There’s one last thing to consider here.  Does another year full of trauma to Wood and Prior make it less likely that Dusty Baker gets paid to stick around, or more likely?

How long before the media starts writing the “he’s doing a good job, considering  all of the injuries” bullshit?

Gee, I can hardly wait.

Larry Rothschild says Prior’s soreness is more than what you’d typically get from playing catch.  Oh, really?

The bad news.  Derrek Lee is hurt and could miss the rest of the World Baseball Classic.  The good news.  Unless Korea scores more than six runs against Japan tonight, the WBC ends tomorrow for Team USA.  Wait, is that good news?  The convoluted tiebreaker is based on earned runs allowed.  Hee Seop Choi’s three run homer not only doomed the Americans on Monday, but probably for good.  Yikes.

Phil Rogers says that the Cubs are to blame for the injuries to Wood and Prior.  See, this is what they get for trying to win.

You can watch every out-of-market NCAA Tournament game for free.  Provided that, like me, you signed up for March Madness on Demand when you read the thing on Deadspin that explained how they weren’t likely to have enough bandwidth to support everybody, so they were giving away VIP reservations.  Regardless, tomorrow and Friday seem like good days to have all-day GameCasts of the tournament on On-Hoops.com.  Doesn’t it?

Antwan Randle-El’s not mad at the Bears.  Gee.  That’s great.  I’m sure he should be furious for having to sign that $31 million deal with the Redskins.

Bruce Miles says that Jim Hendry never used to believe in bad luck.  There’s a thin line between bad luck and incompetence.

Jeff Pearlman, who once called me “[f’in] cruel and vicious”, has an excerpt of his new biography on Barry Bonds in the latest issue of ESPN The Magazine.  The excerpt is good.  And now we have no reason to buy the book.

The Saints are paying Drew Brees a lot of money to try to come back from a surgery much worse than Kerry Wood’s.  Brees never had a good arm anyway.  This is just dumb.  But then, these are the Saints.
Daunte Culpepper is had his leg reattached, right?  I know he had a crap year last year and then got hurt, but this is a guy who was thisclose to being the NFL MVP in 2004, and all you give up is a second rounder?  Even if he bombs you just cut him and all you’re out is a second round pick that you were probably going to use on a linebacker that you could draft an exact clone of in round four.

John Kitna to the Lions?  Ooh, maybe the Bears can sign Joey Harrington when the Lions cut him in August and we’ll have somebody new to boo?

How’s this for a coincidence, on the same day Mark Prior is hurt again, Doc Gooden is in jail again!  What were the odds.  1:1 probably.

Don Banks mocks up an NFL draft for us.  He has the Bears’ taking USC tight end Dominque Byrd.  She’s pretty good.

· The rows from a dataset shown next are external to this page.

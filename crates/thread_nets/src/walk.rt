//! The walk over terms and acts in tree order: each act draws what it has of its own, then the acts inside it, and then its
//! value, which is what it answers: a `recv` has the data of its port, an `if` that has a value that of the side that it
//! shows, a lone word its variable, and a chain its last part.
ghost use Rattle.std.specs.Prelude.{◌≡◌, Bool, List, IfOk, true, false};
ghost use Rattle.core_term.specs.Term.{Act, Expr, If, When};
ghost use Rattle.thread_nets.specs.Walk.{act_at, chain_at, term_at};
ghost use Rattle.thread_nets.specs.Walk.{ActDrawn, ActPlan, InsideDrawn, InsidePlan, TermDrawn, TermPlan};

use crate::act::draw_own;
use crate::setting::{Drawn, Walk, data_of, draw_pure, value_of, with_variable};
use core_term::{CoreAct, CoreKind, CoreTerm};
use module_nets::{Netlist, Signal, Variable};
use std::alloc::{AllocError, Global};
use turn_nets::bit_of;

/// Draws the nets of a term, and answers its value; that of a unit term has the width 0. Refuses only where memory is refused.
#[cycle(walk)]
pub fn draw_term(
    alloc: Global,
    netlist: &mut Netlist,
    walk: &Walk<'_>,
    variables: &[Variable],
    term: &CoreTerm,
    drawn: &mut Drawn,
) -> Result<Signal, AllocError>
    requires { (scope : List Act) ×
        TermPlan netlist.old walk.now drawn.old variables.now scope (term_at walk.now scope term.now) }
    ensures { IfOk result (λ value. (scope : List Act) →
        TermPlan netlist.old walk.now drawn.old variables.now scope (term_at walk.now scope term.now) →
        TermDrawn netlist.old netlist.new walk.now drawn.old drawn.new scope (term_at walk.now scope term.now) value) }
{
    match term {
        CoreTerm::One(act) => {
            let value = draw_act(alloc, netlist, walk, variables, act, drawn)?;
            Ok(value)
        }
        CoreTerm::Then(act, rest) => {
            let value = draw_chain(alloc, netlist, walk, variables, act, rest, drawn)?;
            Ok(value)
        }
        CoreTerm::Both(act, rest) => {
            let value = draw_chain(alloc, netlist, walk, variables, act, rest, drawn)?;
            Ok(value)
        }
    }
}

/// The same of an act and a rest, whether it begins with the act or where the act ends.
#[cycle(walk)]
fn draw_chain(
    alloc: Global,
    netlist: &mut Netlist,
    walk: &Walk<'_>,
    variables: &[Variable],
    act: &CoreAct,
    rest: &CoreTerm,
    drawn: &mut Drawn,
) -> Result<Signal, AllocError>
    requires { (together : Bool) × (scope : List Act) × TermPlan netlist.old walk.now drawn.old variables.now scope
        (chain_at together walk.now scope act.now rest.now) }
    ensures { IfOk result (λ value. (together : Bool) (scope : List Act) →
        TermPlan netlist.old walk.now drawn.old variables.now scope
        (chain_at together walk.now scope act.now rest.now) →
        TermDrawn netlist.old netlist.new walk.now drawn.old drawn.new scope
        (chain_at together walk.now scope act.now rest.now) value) }
{
    let value = draw_act(alloc, netlist, walk, variables, act, drawn)?;
    let longer = with_variable(alloc, variables, act.site, &value)?;
    let last = draw_term(alloc, netlist, walk, &longer, rest, drawn)?;
    Ok(last)
}

/// The same of an act.
#[cycle(walk)]
fn draw_act(
    alloc: Global,
    netlist: &mut Netlist,
    walk: &Walk<'_>,
    variables: &[Variable],
    act: &CoreAct,
    drawn: &mut Drawn,
) -> Result<Signal, AllocError>
    requires { (scope : List Act) × ActPlan netlist.old walk.now drawn.old variables.now scope
        (act_at walk.now scope act.now.site act.now.kind) }
    ensures { IfOk result (λ value. (scope : List Act) → ActPlan netlist.old walk.now drawn.old variables.now scope
        (act_at walk.now scope act.now.site act.now.kind) →
        ActDrawn netlist.old netlist.new walk.now drawn.old drawn.new scope
        (act_at walk.now scope act.now.site act.now.kind) value) }
{
    draw_own(netlist, walk, variables, act, drawn)?;
    let value = draw_inside(alloc, netlist, walk, variables, act.site, &act.kind, drawn)?;
    Ok(value)
}

/// The same of an act by its kind, once what it has of its own is drawn.
#[cycle(walk)]
fn draw_inside(
    alloc: Global,
    netlist: &mut Netlist,
    walk: &Walk<'_>,
    variables: &[Variable],
    site: u32,
    kind: &CoreKind,
    drawn: &mut Drawn,
) -> Result<Signal, AllocError>
    requires { (scope : List Act) ×
        InsidePlan netlist.old walk.now drawn.old variables.now scope (act_at walk.now scope site kind.now) }
    ensures { IfOk result (λ value. (scope : List Act) →
        InsidePlan netlist.old walk.now drawn.old variables.now scope (act_at walk.now scope site kind.now) →
        InsideDrawn netlist.old netlist.new walk.now drawn.old drawn.new scope (act_at walk.now scope site kind.now)
        value) }
{
    match kind {
        CoreKind::If { yes, no, word, .. } => match no {
            None => {
                let value = draw_when(alloc, netlist, walk, variables, site, yes, drawn)?;
                Ok(value)
            }
            Some(other) => {
                let worded = word.is_some();
                let value = draw_if(
                    alloc, netlist, walk, variables, site, yes, other, worded, drawn,
                )?;
                Ok(value)
            }
        },
        CoreKind::Block(inner) => {
            let value = draw_term(alloc, netlist, walk, variables, inner, drawn)?;
            Ok(value)
        }
        CoreKind::Recv { port } => Ok(data_of(walk, *port)),
        CoreKind::Wait { var } => Ok(value_of(walk, variables, *var)),
        CoreKind::Pure(value) => {
            let value = draw_pure(netlist, walk, variables, value)?;
            Ok(value)
        }
        CoreKind::Cycle(_) | CoreKind::Set { .. } | CoreKind::Send { .. } | CoreKind::Unit => {
            Ok(Signal::none())
        }
    }
}

/// The same of an `if` with both sides, which may have a value.
#[cycle(walk)]
fn draw_if(
    alloc: Global,
    netlist: &mut Netlist,
    walk: &Walk<'_>,
    variables: &[Variable],
    site: u32,
    yes: &CoreTerm,
    no: &CoreTerm,
    worded: bool,
    drawn: &mut Drawn,
) -> Result<Signal, AllocError>
    requires { (scope : List Act) × (asked : Expr) × InsidePlan netlist.old walk.now drawn.old variables.now scope
        (If site asked (term_at walk.now scope yes.now) (term_at walk.now scope no.now) worded) }
    ensures { IfOk result (λ value. (scope : List Act) (asked : Expr) →
        InsidePlan netlist.old walk.now drawn.old variables.now scope
        (If site asked (term_at walk.now scope yes.now) (term_at walk.now scope no.now) worded) →
        InsideDrawn netlist.old netlist.new walk.now drawn.old drawn.new scope
        (If site asked (term_at walk.now scope yes.now) (term_at walk.now scope no.now) worded) value) }
{
    let first = draw_term(alloc, netlist, walk, variables, yes, drawn)?;
    let second = draw_term(alloc, netlist, walk, variables, no, drawn)?;
    if worded {
        let side = bit_of(&drawn.sides, site as usize);
        let value = netlist.choose(&side, &first, &second)?;
        Ok(value)
    } else {
        Ok(Signal::none())
    }
}

/// The same of an `if` without an else, which has no value.
#[cycle(walk)]
fn draw_when(
    alloc: Global,
    netlist: &mut Netlist,
    walk: &Walk<'_>,
    variables: &[Variable],
    site: u32,
    yes: &CoreTerm,
    drawn: &mut Drawn,
) -> Result<Signal, AllocError>
    requires { (scope : List Act) × (asked : Expr) × InsidePlan netlist.old walk.now drawn.old variables.now scope
        (When site asked (term_at walk.now scope yes.now)) }
    ensures { IfOk result (λ value. (scope : List Act) (asked : Expr) →
        InsidePlan netlist.old walk.now drawn.old variables.now scope
        (When site asked (term_at walk.now scope yes.now)) →
        InsideDrawn netlist.old netlist.new walk.now drawn.old drawn.new scope
        (When site asked (term_at walk.now scope yes.now)) value) }
{
    let _first = draw_term(alloc, netlist, walk, variables, yes, drawn)?;
    Ok(Signal::none())
}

Deadspin’s NCAA Pants Party continues and here’s their Memphis-Oral Roberts preview.  Remember, I told you that Oral Roberts might be the best 16 seed ever.  As Bernie Lincicome once said, “That’s like having the best toupee at the barber shop.”  Whatever that means.  I also link to this, because as far as I know, I’m the guy who first spotted Bill Self’s toupee, and the Deadspin guys mention it any chance they get.  Like here.  You know, Bill used to coach at Oral Roberts.

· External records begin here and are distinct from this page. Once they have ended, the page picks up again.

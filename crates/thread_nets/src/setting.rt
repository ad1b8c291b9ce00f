//! What a thread is drawn from, what is drawn so far, and the values that need no recursion.
ghost use Rattle.std.specs.Prelude.{◌≡◌, ◌<◌, ◌++◌, ◌∷◌, [], IfOk, IsTrue, length};
ghost use Rattle.core_term.specs.Again.{number};
ghost use Rattle.core_term.specs.Sized.{parts_fit};
ghost use Rattle.core_term.specs.View.{expr_of};
ghost use Rattle.core_term.specs.Widths.{expr_width};
ghost use Rattle.module_nets.specs.Netlist.{Extends, Stands};
ghost use Rattle.module_nets.specs.Shown.{Moment, IsMomentOf, Shows};
ghost use Rattle.module_nets.specs.Signals.{no_signal, shown_in, signal_at, variable_in, PlacesStand, VariablesStand};
ghost use Rattle.thread_nets.specs.Walk.{kept_registers, kept_ports, sight_at, widths_here};

use core_term::CoreExpr;
use machine_parts::{ThreadStates, TurnPlan};
use module_nets::{Netlist, Scope, Signal, Variable, draw_expression};
use pulse_nets::Pulse;
use std::alloc::{AllocError, Global};

/// What a thread is drawn from.
#[derive(Clone, Copy)]
pub struct ThreadSetting<'a> {
    /// How the nodes of a turn are drawn.
    pub plan: &'a TurnPlan,
    /// The registers of the thread.
    pub states: &'a ThreadStates,
    /// What each register of the source shows.
    pub registers: &'a [Signal],
    /// The data of each port.
    pub ports: &'a [Signal],
    /// The wire of each port: its `valid` where the port is received, its `ack` where it is sent.
    pub wires: &'a [Signal],
}

/// What the walk over a body reads: the setting, whether a turn begins, and the pulses of the tail.
#[derive(Clone, Copy)]
pub struct Walk<'a> {
    /// What the thread is drawn from.
    pub setting: ThreadSetting<'a>,
    /// Whether a turn begins.
    pub begin: Signal,
    /// The pulses of the nodes of the tail.
    pub tails: &'a [Pulse],
}

/// What is drawn so far: the pulses of the first nodes, and for each act up to here its value, its decision and its side.
#[derive(Drop)]
pub struct Drawn {
    /// The pulse of each node.
    pub pulses: Vec<Pulse>,
    /// The value that each act uses.
    pub values: Vec<Signal>,
    /// How each `if` decides.
    pub decisions: Vec<Signal>,
    /// Which side each `if` shows.
    pub sides: Vec<Signal>,
}

impl Drawn {
    /// Nothing is drawn.
    pub fn new(alloc: Global) -> Drawn
        ensures pulses { result.pulses.items ≡ [] }
        ensures values { result.values.items ≡ [] }
        ensures decisions { result.decisions.items ≡ [] }
        ensures sides { result.sides.items ≡ [] }
    {
        Drawn {
            pulses: Vec::new(alloc),
            values: Vec::new(alloc),
            decisions: Vec::new(alloc),
            sides: Vec::new(alloc),
        }
    }

    /// Adds what is drawn of one more act.
    pub fn add(
        &mut self,
        value: &Signal,
        decision: &Signal,
        side: &Signal,
    ) -> Result<(), AllocError>
        ensures pulses { IfOk result (λ done. self.new.pulses.items ≡ self.old.pulses.items) }
        ensures values { IfOk result (λ done. self.new.values.items ≡ self.old.values.items ++ value.now ∷ []) }
        ensures decisions { IfOk result (λ done.
            self.new.decisions.items ≡ self.old.decisions.items ++ decision.now ∷ []) }
        ensures sides { IfOk result (λ done. self.new.sides.items ≡ self.old.sides.items ++ side.now ∷ []) }
    {
        push(&mut self.values, value)?;
        push(&mut self.decisions, decision)?;
        push(&mut self.sides, side)?;
        Ok(())
    }
}

/// Adds a signal at the end.
fn push(signals: &mut Vec<Signal>, signal: &Signal) -> Result<(), AllocError>
    ensures { IfOk result (λ done. signals.new.items ≡ signals.old.items ++ signal.now ∷ []) }
{
    signals.push(Signal {
        operand: signal.operand,
        width: signal.width,
    })?;
    Ok(())
}

/// The data of a port.
pub fn data_of(walk: &Walk<'_>, port: u32) -> Signal
    requires { 0 < (signal_at (kept_ports walk.now) port).width }
    ensures { result ≡ signal_at (kept_ports walk.now) port }
{
    match walk.setting.ports.get(port as usize) {
        Some(signal) => *signal,
        None => unreachable!(),
    }
}

/// The value of a variable.
pub fn value_of(walk: &Walk<'_>, variables: &[Variable], number: u32) -> Signal
    ensures { result ≡ variable_in no_signal variables.now number }
{
    let scope = Scope {
        registers: walk.setting.registers,
        ports: walk.setting.ports,
        sides: &[],
        variables,
    };
    scope.variable(number)
}

/// The variables with one more.
pub fn with_variable(
    alloc: Global,
    variables: &[Variable],
    site: u32,
    value: &Signal,
) -> Result<Vec<Variable>, AllocError>
    ensures { IfOk result (λ longer. longer.items ≡ variables.now ++ record { site = site; value = value.now } ∷ []) }
{
    let mut longer = Vec::from_slice(alloc, variables)?;
    longer.push(Variable {
        site,
        value: *value,
    })?;
    Ok(longer)
}

/// The value of an expression.
pub fn draw_pure(
    netlist: &mut Netlist,
    walk: &Walk<'_>,
    variables: &[Variable],
    expression: &CoreExpr,
) -> Result<Signal, AllocError>
    requires places { PlacesStand netlist.old (kept_registers walk.now) (kept_ports walk.now) [] }
    requires variables { VariablesStand netlist.old variables.now }
    requires fits { IsTrue (parts_fit (length (kept_registers walk.now)) (widths_here walk.now variables.now)
        (expr_of (widths_here walk.now variables.now) expression.now)) }
    ensures extends { IfOk result (λ drawn. Extends netlist.old netlist.new) }
    ensures stands { IfOk result (λ drawn. Stands netlist.new drawn) }
    ensures width { IfOk result (λ drawn. drawn.width ≡ expr_width (widths_here walk.now variables.now)
        (expr_of (widths_here walk.now variables.now) expression.now)) }
    ensures shows { IfOk result (λ drawn. Shows netlist.new drawn
        (λ now. number (sight_at now walk.now []) (shown_in now variables.now)
        (expr_of (widths_here walk.now variables.now) expression.now))) }
{
    let scope = Scope {
        registers: walk.setting.registers,
        ports: walk.setting.ports,
        sides: &[],
        variables,
    };
    let value = draw_expression(netlist, &scope, expression)?;
    Ok(value)
}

Ken Rosenthal loves the Dodgers’ infield depth (you can only play four at a time, though, right?) and says that he’s heard that Mike Lowell has “lost body quickness.”  What other kind is there?

Ramon Hernandez’s inexplicable passed ball let in the go ahead run and the Dominican beat Venezuela 2-1.  Let’s just say that if a certain Cubs’ catcher, on the Venezuelan roster, was in the game, that doesn’t happen.  Then in the ninth, Venezuela pinch ran for both Victor Martinez and Hernandez, meaning Hank was coming in to catch if Edgardo Alfonzo hadn’t choked and popped up to end the game with the bases loaded.  The “good news?”  Hank and Carlos are due back in Mesa any time now.

America’s finest news source with this story on a South Dakota consipracy theorist who has an elaborate explanation for why he’s still single.